### DATA FOR REVIEW

ghost use Rattle.std.specs.Prelude.{ℕ, ◌≡◌, ◌<◌, ◌+◌, ◌^◌, ◌++◌, length, take, IfOk, OnOk, OnErr};
ghost use Rattle.plan_model.specs.declared.terms.Term.TheVariants.{Var};
ghost use Rattle.order_encoder.specs.NamedOrders as of;
ghost use Rattle.order_encoder.specs.NamedOrders.{waits, Waits};

use crate::order_names::OrderNames;
use crate::pairs::{any_slot_params, before};
use htn_base::{Boxed, List, Memory};
use plan_model::{Formula, Style, Term};
use std::alloc::Global;

/// The condition that no slot comes before that of `h`, a variable below `depth`, the number of variables in force. In
/// style adl a slot is quantified, as variable `depth`; in style flat it is a conjunction of one part a slot.
pub fn waiting(
    alloc: Global,
    n: &OrderNames,
    slots: u32,
    style: &Style,
    h: Term,
    depth: u32,
) -> Result<Formula, Memory>
    requires slots { n.now.first_slot + slots < 2 ^ 32 }
    ensures formula { IfOk result (λ f. f ≡ of.waiting n.now slots depth style.now h) }
    ensures means { (i : ℕ) → h ≡ Var i → i < depth → IfOk result (Waits n.now slots depth i) }
{
    match style {
        Style::Adl => wait_for_all(alloc, n, h, depth),
        Style::Flat => {
            let mut parts = List::new(alloc);
            push_waiting(alloc, n, slots, style, h, depth, &mut parts)?;
            Ok(Formula::And(parts))
        }
    }
}

/// Puts the parts of this condition at the end: one in style adl, one a slot in style flat. After `Memory` what was there stands in
/// front of some of them.
pub fn push_waiting(
    alloc: Global,
    n: &OrderNames,
    slots: u32,
    style: &Style,
    h: Term,
    depth: u32,
    into: &mut List<Formula>,
) -> Result<(), Memory>
    requires slots { n.now.first_slot + slots < 2 ^ 32 }
    ensures parts { OnOk result (into.new ≡ into.old ++ waits n.now slots depth style.now h) }
    ensures in_front { OnErr result (take (length into.old) into.new ≡ into.old) }
{
    match style {
        Style::Adl => into.put(wait_for_all(alloc, n, h, depth)),
        Style::Flat => {
            for k in 0..slots {
                into.put(comes_not_before(alloc, n, Term::Obj(n.first_slot + k), h))?;
            }
            Ok(())
        }
    }
}

fn wait_for_all(alloc: Global, n: &OrderNames, h: Term, depth: u32) -> Result<Formula, Memory>
    ensures { IfOk result (λ f. f ≡ of.wait_for_all n.now depth h) }
{
    let part = Boxed::new(alloc, comes_not_before(alloc, n, Term::Var(depth), h)?)?;
    Ok(Formula::Forall(any_slot_params(alloc, n)?, part))
}

fn comes_not_before(alloc: Global, n: &OrderNames, first: Term, h: Term) -> Result<Formula, Memory>
    ensures { IfOk result (λ f. f ≡ of.one_wait n.now first h) }
{
    let pair = Formula::Holds(before(alloc, n, first, h)?);
    Ok(Formula::Not(Boxed::new(alloc, pair)?))
}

######

For the string "ghost", go line by line through the material and copy every line that has it.

• [SOLUTION BELOW]
ghost use Rattle.std.specs.Prelude.{ℕ, ◌≡◌, ◌<◌, ◌+◌, ◌^◌, ◌++◌, length, take, IfOk, OnOk, OnErr};
ghost use Rattle.plan_model.specs.declared.terms.Term.TheVariants.{Var};
ghost use Rattle.order_encoder.specs.NamedOrders as of;
ghost use Rattle.order_encoder.specs.NamedOrders.{waits, Waits};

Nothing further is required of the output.